When I was at college in New York, studying advertising, Americans always said the same thing.
“Ah, the really great advertising was those Burma Shave posters.”
Then they’d chuckle as they fondly remembered them.
It turned out the Burma Shave posters had been done decades before but Americans still remembered them as their favourite advertising.
Burma Shave was one of the first brushless shaving creams.
They ran posters across rural America where Americans drove for hundreds of miles on long, straight highways with nothing to look at.
Except every so often six posters would crop up, with a 100 foot gap between each one, timed to coincide with the speed the cars were going at.
Travelling at 35mph the signs would be 3 seconds apart.
Each poster would have one line of a very simple rhyme on it.

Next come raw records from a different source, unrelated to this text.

//! Why a file, a script or a log is refused or a part fails; a command's faults and its exit status.

ghost use Rattle.std.specs.Prelude.{◌≡◌};

use std::{error, fmt};
use thiserror::Error;

/// Why a file is no WAV file that is read here, or why reading it ended.
#[derive(Clone, Copy, Debug, PartialEq, Eq, Error)]
pub enum WavFault {
    /// The file's size, above the limit of 67,108,864 bytes.
    #[error("larger than 67108864 bytes")]
    TooLarge(u64),
    #[error("not a RIFF WAVE file")]
    NotRiff,
    #[error("no format chunk")]
    NoFormat,
    #[error("bad format chunk")]
    BadFormat,
    #[error("no data chunk")]
    NoSamples,
    #[error("format tag {0}")]
    UnsupportedTag(u32),
    #[error("read fault")]
    Read,
    /// The source gave nothing at `at`, below its `size`.
    #[error("short at {at} of {size}")]
    Short { at: u64, size: u64 },
}

/// Why a step of a part failed.
#[derive(Clone, Copy, Debug, PartialEq, Eq, Error)]
pub enum PartFault {
    #[error("read fault")]
    Read,
    #[error("write fault")]
    Write,
    /// The source gave nothing at `at`, below its `size`.
    #[error("short at {at} of {size}")]
    Short { at: u64, size: u64 },
}

/// Why a script is refused: by its grammar, or by the plan of its play.
#[derive(Clone, Copy, Debug, PartialEq, Eq)]
pub enum ScriptWhy {
    TooLong,
    NotText,
    FirstLine,
    BadWord,
    UnknownName,
    NameTwice,
    TooMany,
    PortTwice,
    OpenPort,
    TooManyBlocks,
    Cycle,
    Wrong,
    Small,
    Differ,
}

impl ScriptWhy {
    ghost use Rattle.std.specs.Prelude.{◌≤◌, length};
    ghost use Rattle.omx_types.specs.Texts.{why_text};

    /// The reason, in the words that are printed.
    pub fn text(self) -> &'static str
        ensures text { result.now ≡ why_text self }
        ensures len { length result.now ≤ 15 }
    {
        match self {
            ScriptWhy::TooLong => "too long",
            ScriptWhy::NotText => "not text",
            ScriptWhy::FirstLine => "first line",
            ScriptWhy::BadWord => "bad word",
            ScriptWhy::UnknownName => "unknown name",
            ScriptWhy::NameTwice => "name twice",
            ScriptWhy::TooMany => "too many",
            ScriptWhy::PortTwice => "port twice",
            ScriptWhy::OpenPort => "open port",
            ScriptWhy::TooManyBlocks => "too many blocks",
            ScriptWhy::Cycle => "cycle",
            ScriptWhy::Wrong => "wrong format",
            ScriptWhy::Small => "block too small",
            ScriptWhy::Differ => "formats differ",
        }
    }
}

impl fmt::Display for ScriptWhy {
    fn fmt<W: fmt::Write>(&self, f: &mut fmt::Formatter<W>) -> fmt::Result {
        f.write_str(self.text())
    }
}

impl error::Error for ScriptWhy {}

/// Why a file of packets isn't made or read: by its samples' format, or by its own form.
#[derive(Clone, Copy, Debug, PartialEq, Eq)]
pub enum PacketsWhy {
    WrongFormat,
    NotPackets,
    NoPackets,
    TooLong,
}

impl PacketsWhy {
    ghost use Rattle.std.specs.Prelude.{◌≤◌, length};
    ghost use Rattle.omx_types.specs.Texts.{packets_text};

    /// The reason, in the words that are printed.
    pub fn text(self) -> &'static str
        ensures text { result.now ≡ packets_text self }
        ensures len { length result.now ≤ 19 }
    {
        match self {
            PacketsWhy::WrongFormat => "not G.711 mono 8000",
            PacketsWhy::NotPackets => "not a packet file",
            PacketsWhy::NoPackets => "no packets",
            PacketsWhy::TooLong => "too long",
        }
    }
}

impl fmt::Display for PacketsWhy {
    fn fmt<W: fmt::Write>(&self, f: &mut fmt::Formatter<W>) -> fmt::Result {
        f.write_str(self.text())
    }
}

impl error::Error for PacketsWhy {}

/// Why a line of a log isn't that of a run of its script.
#[derive(Clone, Copy, Debug, PartialEq, Eq)]
pub enum AuditWhy {
    BadLine,
    OtherAct,
    NotOut,
    OtherReply,
    OtherFile,
    NotEnded,
}

impl AuditWhy {
    ghost use Rattle.std.specs.Prelude.{◌≤◌, length};
    ghost use Rattle.omx_types.specs.Texts.{audit_text};

    /// The reason, in the words that are printed.
    pub fn text(self) -> &'static str
        ensures text { result.now ≡ audit_text self }
        ensures len { length result.now ≤ 13 }
    {
        match self {
            AuditWhy::BadLine => "not canonical",
            AuditWhy::OtherAct => "not of a play",
            AuditWhy::NotOut => "not out",
            AuditWhy::OtherReply => "other reply",
            AuditWhy::OtherFile => "other file",
            AuditWhy::NotEnded => "not ended",
        }
    }
}

impl fmt::Display for AuditWhy {
    fn fmt<W: fmt::Write>(&self, f: &mut fmt::Formatter<W>) -> fmt::Result {
        f.write_str(self.text())
    }
}

impl error::Error for AuditWhy {}

/// A file of a command: its script, its log, that of a script line, the made one of that number from 1,
/// or the one that it reads or writes where it has two.
#[derive(Clone, Copy, Debug, PartialEq, Eq)]
pub enum Which {
    Script,
    Log,
    Line(u32),
    Made(u32),
    Input,
    Output,
}

impl fmt::Display for Which {
    fn fmt<W: fmt::Write>(&self, f: &mut fmt::Formatter<W>) -> fmt::Result {
        match self {
            Which::Script => write!(f, "script"),
            Which::Log => write!(f, "log"),
            Which::Line(line) => write!(f, "line {line}"),
            Which::Made(number) => write!(f, "made {number}"),
            Which::Input => write!(f, "input"),
            Which::Output => write!(f, "output"),
        }
    }
}

/// Why a command of the program wasn't done whole.
#[derive(Clone, Copy, Debug, PartialEq, Eq, Error)]
pub enum Fault {
    #[error("script line {line}: {why}")]
    Script { line: u32, why: ScriptWhy },
    #[error("usage")]
    Usage,
    #[error("{which}: {fault}")]
    BadMedia { which: Which, fault: WavFault },
    #[error("read fault")]
    ReadFault,
    #[error("write fault")]
    WriteFault,
    #[error("absent: {0}")]
    Absent(Which),
    #[error("out of memory")]
    OutOfMemory,
    #[error("short: {which} at {at} of {size}")]
    Short { which: Which, at: u64, size: u64 },
    #[error("units: have {have} need {need}")]
    Units { have: u32, need: u32 },
    #[error("{why}")]
    Packets { why: PacketsWhy },
    /// A line of the log, from 1.
    #[error("no: log line {line}: {why}")]
    NotRun { line: u64, why: AuditWhy },
}

/// How a command of the program ended.
#[derive(Clone, Copy, Debug, PartialEq, Eq)]
pub enum Status {
    Ok,
    Fault(Fault),
}

impl Status {
    ghost use Rattle.omx_types.specs.Numbers.{status_number};

    /// The exit status of the program.
    pub fn number(self) -> u8
        ensures { result ≡ status_number self }
    {
        match self {
            Status::Ok => 0,
            Status::Fault(fault) => fault.number(),
        }
    }
}

impl Fault {
    ghost use Rattle.omx_types.specs.Numbers.{fault_number};

    /// The exit status of a program that ends with this fault.
    pub fn number(self) -> u8
        ensures { result ≡ fault_number self }
    {
        match self {
            Fault::Script { line: _, why: _ } => 1,
            Fault::Usage => 2,
            Fault::BadMedia { which: _, fault: _ } => 3,
            Fault::ReadFault => 4,
            Fault::WriteFault => 5,
            Fault::Absent(_) => 6,
            Fault::OutOfMemory => 7,
            Fault::Short {
                which: _,
                at: _,
                size: _,
            } => 8,
            Fault::Units { have: _, need: _ } => 9,
            Fault::Packets { why: _ } => 11,
            Fault::NotRun { line: _, why: _ } => 12,
        }
    }
}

First they introduced the concept of shaving without a shaving brush:
1st poster: SHAVING BRUSHES
2nd poster: YOU’LL SOON SEE ‘EM
3rd poster: ON THE SHELF
4th poster: IN SOME
5th poster: MUSEUM
6th poster: BURMA SHAVE
They’d expand on the time-saving advantages of brushless shaving.
1st poster: EVERY SHAVER
2nd poster: NOW CAN SNORE
3rd poster: SIX MORE MINUTES
4th poster: THAN BEFORE
5th poster: BY USING
6th poster: BURMA SHAVE
Then they’d have fun with the benefits of a closer shave:
1st poster: IF YOU HAVE
2nd poster: A DOUBLE CHIN
3rd poster: YOU’VE TWO
4th poster: GOOD REASONS
5th poster: TO BEGIN
6th poster: USING BURMA SHAVE
Everyone knew the last poster was always the Burma Shave logo.
So people tried to guess the next rhyme as they drove along.
1st poster: HENRY THE EIGHTH
2nd poster: SURE HAD
3rd poster: TROUBLE
4th poster: SHORT TERM WIVES
5th poster: LONG TERM STUBBLE
6th poster: BURMA SHAVE
The historical theme was of course popular:
1st poster: SAID JULIET
2nd poster: TO ROMEO
3rd poster: IF YOU
4th poster: WON’T SHAVE
5th poster: GO HOMEO
6th poster: BURMA SHAVE
Obviously so were allusions to sexual success:
1st poster: DINAH DOESN’T
2nd poster: TREAT HIM RIGHT
3rd poster: BUT IF HE’D
4th poster: SHAVE
5th poster: THEN DYNA-MITE
6th poster: BURMA SHAVE
The ads became so well known, they didn’t even need to mention shaving specifically:
1st poster: THE MONKEY TOOK
2nd poster: ONE LOOK AT JIM
3rd poster: AND THREW THE PEANUTS
4th poster: BACK AT HIM
5th poster: HE NEEDED
6th poster: BURMA SHAVE
And a decent shave became no less than any wife would demand from her husband:
1st poster: MAN PASSES
2nd poster: DOG HOUSE
3rd poster: DOG SEES CHIN
4th poster: DOG GETS OUT
5th poster: MAN GETS IN
6th poster: BURMA SHAVE
Over the decade or so that they ran, there were 7,000 different rhymes.
Nowadays we think any form of technological innovation in media is daring and original.
But eighty years ago people didn’t just wait around for technological innovation, they used their brains to innovate existing media.
Simple, fun, catchy, memorable.
Of course you won’t see any of those ads in an awards annual.
But I don’t think there’s many current award winners that ordinary people will still be talking about in fifty years time.
Interesting point there right at the end. ..I was wondering the other day, could David Ogilvy get hired by the agency he started all those years back?